There are plenty of antisemites in France, just as there are in many other countries. The question that should trouble us now is how a man like Dieudonné has managed to position himself as their mouthpiece while maintaining his reputation as a man of the people, a figurehead for the victims of racism, a leader of the marginalised.
Part of the answer to that question can be captured in one word: the internet. Dieudonné is a master of online self-promotion and the catchy, viral video. Even though Jewish organisations have been suing him for ten years for his antisemitic remarks, over 410,000 people like his official Facebook page. More than two million people regularly watch the videos he posts on his site, dieudosphere.com.
Now, his trademark salute, the quenelle, or “dumpling”, has turned into a national hit. Thousands have performed it and posted the pictures online. Photos have appeared of people making the gesture outside synagogues, memorials and even inside Auschwitz.
Viral antisemitism has grown to such an extent in France that the country’s Union of Jewish Students went to court to force Twitter to hand over the details of those behind a wave of antisemitic messages posted on the social media site in October 2012.
France is also home to the traditionally antisemitic National Front, which could achieve 24 per cent of the vote in the European elections this year, according to a recent poll. The former leader of the National Front, Jean-Marie Le Pen, was a close friend of Dieudonné.
Together with the National Front, Dieudonné has been able to position himself as the leader of the resistance against the “system”. His fans are mainly young people of foreign descent, often Muslims but also far-right activists. He attacks the government and banks and those who, he says, control it all: the Jews. Others do not necessarily agree with his views but his daring extravagance and cod-philosophical panache sits well with the psyche of the angry young Frenchman.

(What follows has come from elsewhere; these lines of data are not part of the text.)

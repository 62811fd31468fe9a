//! What a token is for the grammar: which reserved word or sign, or a name, a number or a text.

ghost use Rattle.std.specs.Prelude.{◌≡◌};
ghost use Rattle.spectra_trees.specs.Classes.{class_of as class_of_lem, place_of, same_class};

use crate::spellings::{sign_class, word_class};
use spectra_lexer::Kind;

/// What a token is for the grammar. Words and signs of one meaning are one class, as the tables of `spellings` have them.
#[derive(Clone, Copy, PartialEq, Eq)]
pub enum Class {
    Head,
    Import,
    Env,
    Sys,
    Aux,
    Boolean,
    Int,
    TypeWord,
    Define,
    Predicate,
    Pattern,
    Var,
    Monitor,
    Asm,
    Gar,
    Ini,
    Alw,
    AlwEv,
    Trig,
    Next,
    True,
    False,
    Not,
    Prev,
    Once,
    Historically,
    Implies,
    Iff,
    Since,
    Triggered,
    And,
    Or,
    /// The sign `|`, which also stands between regular expressions.
    Bar,
    Equal,
    Unequal,
    Less,
    AtMost,
    Greater,
    AtLeast,
    Plus,
    Minus,
    Star,
    Mod,
    ForAll,
    Exists,
    In,
    Then,
    Becomes,
    UpTo,
    Question,
    Colon,
    Semicolon,
    Comma,
    Open,
    Close,
    OpenBracket,
    CloseBracket,
    OpenBrace,
    CloseBrace,
    Name,
    Number,
    Text,
    /// The end of the text.
    Finish,
    /// A word or a sign that the grammar doesn't have.
    Unknown,
}

/// What a token of a kind is for the grammar, by its text.
#[tactic(auto, unfolding(crate::specs::Classes::class_of))]
pub fn class_of(kind: Kind, text: &str) -> Class
    ensures { result ≡ class_of_lem kind text.now }
{
    match kind {
        Kind::Word => word_class(text),
        Kind::Sign => sign_class(text),
        Kind::Name => Class::Name,
        Kind::Number => Class::Number,
        Kind::Text => Class::Text,
        Kind::Finish => Class::Finish,
    }
}

/// The place of a class in its declaration, which tells it apart.
#[tactic(auto, unfolding(crate::specs::Classes::place_of))]
fn place(class: Class) -> u8
    ensures { result ≡ place_of class }
{
    class as u8
}

/// Whether two classes are the same.
#[tactic(auto, unfolding(crate::specs::Classes::same_class))]
pub fn is_same(one: Class, other: Class) -> bool
    ensures { result ≡ same_class one other }
{
    place(one) == place(other)
}
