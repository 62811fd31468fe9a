//! Chains of operators, as a sum of many numbers without parentheses. Its tree nests to the left as deep as the text is long,
//! so that a walk that recurses into first operands is no way to read it.

ghost use Rattle.std.specs.Prelude.{◌≡◌, false, IfOk};
ghost use Rattle.spectra_trees.specs.Chains.{is_joined};
ghost use Rattle.spectra_trees.specs.ChainViews.{chain_data};
ghost use Rattle.spectra_trees.specs.Views.{expr_data};

use crate::tree::{BinaryWord, ExprForm, ExprTree, Place};
use std::alloc::{AllocError, Global};

/// An operator between two operands, with the second one. `first` is the place of the first token of both.
#[derive(Clone, Copy)]
pub struct Link<'t> {
    pub first: Place,
    pub at: Place,
    pub word: BinaryWord,
    pub second: &'t ExprTree,
}

/// An expression with operators behind it in text order, each of which has all before it as its first operand.
#[derive(Drop)]
pub struct Chain<'t> {
    pub head: &'t ExprTree,
    pub links: Vec<Link<'t>>,
}

/// An expression as a chain whose head is no operator between two operands. A chain without operators takes no memory.
pub fn chain_of<'t>(alloc: Global, tree: &'t ExprTree) -> Result<Chain<'t>, AllocError>
    ensures whole { IfOk result (λ c. chain_data c ≡ expr_data tree.now) }
    ensures head { IfOk result (λ c. is_joined (expr_data c.head.now) ≡ false) }
{
    let mut head = tree;
    let mut links = Vec::new(alloc);
    while let ExprForm::Binary(word, a, b) = &head.form {
        links.push(Link {
            first: head.first,
            at: head.at,
            word: *word,
            second: b,
        })?;
        head = a;
    }
    links.reverse();
    Ok(Chain { head, links })
}
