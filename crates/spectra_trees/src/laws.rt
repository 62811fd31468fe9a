//! What holds of the numbers and words of faults.

ghost use Rattle.spectra_trees.specs.Laws.{ConstantsAreNumbers, EachIsShown};

/// Each constant of `faults` is the number of its fault.
pub fn constants_are_numbers()
    ensures { ConstantsAreNumbers }
{}

/// What is shown of a fault's number is the number and the word of that fault.
pub fn each_fault_is_shown()
    ensures { EachIsShown }
{}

As a TV comedian, Dieudonné has been able to promote his bigotry to the widest audiences. For his first controversial TV sketch, broadcast in December 2003, he invented an Israeli Nazi character. He invited Holocaust-denying writer Robert Faurisson to be a guest star on his show, disguising him in clothes resembling those worn by Auschwitz prisoners.
Dieudonné’s high profile means he has often been able to set the media agenda. “Dieudonné is probably laughing now,” said one TV journalist. “He says something and we rush to report it and then we broadcast the condemnations, and go back and forth.”
Dieudonné accuses Jews and Jewish organisations of controlling France, and overplaying the Holocaust, calling it “memorial pornography”.
Ultimately, France pays for the kind of antisemitism promulgated by Dieudonné in blood. When Ilan Halimi was abducted, tortured and murdered in 2006, the gang leader that targeted him said he chose him because he was Jewish and Jews are rich. But Halimi was poor. It was the first known antisemitic attack carried out by black people in France.
And in March 2012, a French terrorist of North African descent, Mohamed Merah, killed Jewish children and a teacher in their school in Toulouse.
On Monday, a man posted a picture of himself making the “quenelle” salute at the exact spot where they were murdered.